Concluding Deaver said, “Additionally, there’s a great deal of research going on to evaluate how the high penetrations of DERs affects DA/FLISR operations because utilities must understand the impacts of these elements on day-to-day operation. Models and techniques to reproduce how DERs behave on the distribution network and reduce their negative impacts are vital. We need to understand the effectiveness of the DA/FLISR system under realistic conditions and events. By taking advantage of these capabilities, distribution system operators can increase their understanding and confidence in DA/FLISR systems on their network, which will pay off with better utilization.”

Implementing DA/FLISR

The global DA market including FLISR was projected to reach US$21.5 billion in 2025 according to DMR (Dimension Market Research). They also expect it to grow to US$70 billion by 2034 for a CAGR (Compound Annual Growth Rate) of 14.0%. The marketplace for DA/FLISR is a growing sector. It’s driven by the need for enhanced grid reliability and the integration of renewable energy sources. The continued expansion of DA/FLISR technologies enables a growing number of utilities to improve their distribution system’s reliability, so let’s look at a few.

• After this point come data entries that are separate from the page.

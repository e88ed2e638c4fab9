ghost use Rattle.std.specs.Prelude.{◌≡◌, ◌<◌, ◌↔◌, nat_lt, IfSome, IsTrue, length};
ghost use Rattle.group_types.specs.Lists.{at};
ghost use Rattle.group_run.specs.Fitting.{BlockFits, RowFits};
ghost use Rattle.group_run.specs.Rows.{copy_in};
ghost use Rattle.row_copies.specs.Coming.{AwaitsMark};

use super::ParityBytes;
use group_types::{ByteList, Partition, ProcessId};

impl ParityBytes {
    /// Whether a block can come in for the session of this number: it is of a data process that isn't lost, and as
    /// long as each block of the group. It takes no memory.
    pub fn may_take_block(&self, from: ProcessId, number: u64, bytes: &ByteList) -> bool
        ensures { IsTrue result ↔ BlockFits self.now.shape from self.now.process number bytes.now }
    {
        let ProcessId::DataNode(d) = from else {
            return false;
        };
        d < self.shape.k() && self.is_whole(bytes) && self.sessions.asks_block(number, d)
    }

    /// Whether a row's block of code can come in for the session of this number: the session asked that row, and it
    /// is as long as each block of the group. It takes no memory.
    pub fn may_take_row(&self, from: ProcessId, number: u64, bytes: &ByteList) -> bool
        ensures { IsTrue result ↔ RowFits self.now.shape from self.now.process number bytes.now }
    {
        let ProcessId::ParityNode(i) = from else {
            return false;
        };
        i < self.shape.m() && self.is_whole(bytes) && self.sessions.asks_row(number, i)
    }

    /// Whether the copy for a session, if there is one, is of this block and has no mark of the partition. It takes
    /// no memory.
    pub fn awaits_mark(&self, leader: u32, number: u64, block: u32, d: Partition) -> bool
        requires { d.0 < self.now.shape.k }
        ensures { IsTrue result
            ↔ IfSome (copy_in self.now.process.as_row.copies leader number) (AwaitsMark block d.0) }
    {
        self.rows.awaits_mark(leader, number, block, d)
    }

    /// Whether a session is above the last that its leader ceased, whoever leads it. It takes no memory.
    pub fn is_beyond(&self, leader: u32, number: u64) -> bool
        ensures { result ≡ nat_lt (at 0 self.now.process.as_row.ceased leader) number }
    {
        self.rows.is_beyond(leader, number)
    }

    // Whether these are as many bytes as each block has.
    fn is_whole(&self, bytes: &ByteList) -> bool
        ensures { IsTrue result ↔ length bytes.now ≡ self.now.shape.block }
    {
        bytes.bytes().len() == self.shape.block() as usize
    }
}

A DOE (Department of Energy) sponsored study on the potential for FLISR to improve reliability. One of utilities taking part was Pacific Gas & Electric (PG&E). DOE reported the study results were promising. PG&E deployed FLISR technology on approximately 30% of its circuits, costing US$194 million. The study reported, the implementation “derived an estimated 391 million avoided customer outage minutes, which translates to a benefit of US$828.8 million.” That’s a pretty good rate of return for the funds expended.

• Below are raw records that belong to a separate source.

ghost use Rattle.std.specs.Prelude.{◌≡◌, suc, ◌<◌, ◌^◌, ◌==◌, ◌↔◌, [], length, Contains, IfOk, IfSome, IsTrue, OnErr, OnOk};
ghost use Rattle.std.specs.List.{list_any};
ghost use Rattle.group_run.specs.Leaders.{block_comes, open_session, row_comes, with_leader};
ghost use Rattle.group_run.specs.Rows.{parity_number};
ghost use Rattle.block_sessions.specs.Opened.{AreLost};
ghost use Rattle.parity_bytes.specs.Bytes.{Stays};
ghost use Rattle.parity_bytes.specs.Starting.{session_begun};

use super::ParityBytes;
use super::row::{begin_own, blank_for};
use group_types::ByteList;
use std::alloc::AllocError;

impl ParityBytes {
    /// Opens a session for a block of these lost partitions, with these rows, begins the leader's own copy
    /// for it, and hands out its number. It takes the memory of all that will come in.
    pub fn start(&mut self, block: u32, lost: Vec<u32>, rows: Vec<u32>) -> Result<u64, AllocError>
        requires block { block < self.old.shape.blocks }
        requires lost { AreLost self.old.shape lost.items rows.items }
        requires numbers { self.old.process.as_leader.last_session < 2 ^ 62 }
        ensures stays { Stays self.old self.new }
        ensures number { IfOk result (λ n. n ≡ suc self.old.process.as_leader.last_session) }
        ensures process { OnOk result (self.new.process
            ≡ session_begun self.old.shape (parity_number self.old.process.name) block lost.items rows.items
            self.old.process) }
        ensures err { OnErr result (self.new ≡ self.old) }
    {
        let blank = blank_for(self.shape, block, &self.space, &mut self.rows)?;
        let number = self.sessions.start(block, lost, rows)?;
        begin_own(self.number, number, block, blank, &mut self.rows);
        Ok(number)
    }

    /// A block of data process `d` comes in. It takes no memory.
    pub fn block(&mut self, number: u64, d: u32, bytes: &ByteList)
        requires partition { d < self.old.shape.k }
        requires whole { length bytes.now ≡ self.old.shape.block }
        requires known { IfSome (open_session self.old.process.as_leader number) (λ g. ¬ (Contains g.lost d)) }
        ensures stays { Stays self.old self.new }
        ensures process { self.new.process ≡ block_comes self.old.shape number d bytes.now self.old.process }
    {
        self.sessions.block(number, d, bytes);
    }

    /// A block of row `i`'s code comes in. It takes no memory.
    pub fn row(&mut self, number: u64, i: u32, bytes: &[u8])
        requires row { i < self.old.shape.m }
        requires whole { length bytes.now ≡ self.old.shape.block }
        requires awaited { IfSome (open_session self.old.process.as_leader number) (λ g. Contains g.rows i) }
        ensures stays { Stays self.old self.new }
        ensures process { self.new.process ≡ row_comes self.old.shape number i bytes.now self.old.process }
    {
        self.sessions.row(number, i, bytes);
    }

    /// Closes all sessions.
    pub fn close_all(&mut self)
        ensures stays { Stays self.old self.new }
        ensures process { self.new.process ≡ with_leader
            (record self.old.process.as_leader { sessions = [] }) self.old.process }
    {
        self.sessions.close_all();
    }

    /// Whether no session is open.
    pub fn is_idle(&self) -> bool
        ensures { IsTrue result ↔ self.now.process.as_leader.sessions ≡ [] }
    {
        self.sessions.is_idle()
    }

    /// Whether a session for this block is open.
    pub fn is_open_for(&self, block: u32) -> bool
        ensures { result ≡ list_any (λ g. g.block == block) self.now.process.as_leader.sessions }
    {
        self.sessions.is_open_for(block)
    }

    /// The number of the last session.
    pub fn last(&self) -> u64
        ensures number { result ≡ self.now.process.as_leader.last_session }
        ensures partitions { length self.now.process.as_leader.rebuilt ≡ self.now.shape.k }
    {
        self.sessions.last()
    }
}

National Grid expanded its FLISR coverage in 2025. The end of March 2024 saw about 6.4% of its NY customers on FLISR circuits. That expanded to approximately 9% of its NY customer-base by the end of March 2025, which represents about 152,000 customers on 350 FLISR schemes.

National Grid has set a goal of having 60% of it NY customers connected to FLISR circuits in the near future.

DA/FLISR technology has been part of Southern Company’s grid modernization program for over a decade. It has significantly reduced outage impacts across their service territories. One of their subsidiaries, Alabama Power estimated “it has prevented more than a million customers from experiencing sustained outages.”

Boosting Resilience

DA/FLISR implementations are revolutionizing electric distribution systems. Instead of widespread outages, DA/ FLISR limits a fault to a small segment. The duration of the outage is shorten by quickly restoring power to most customers within seconds or minutes, which means a more stable power gird. Automating fault response and rerouting power lowers CAIDI (customer Average Interruption Duration Index), SAIDI (System Average Interruption Duration Index), and SAIFI (System Average Interruption Frequency Index) numbers.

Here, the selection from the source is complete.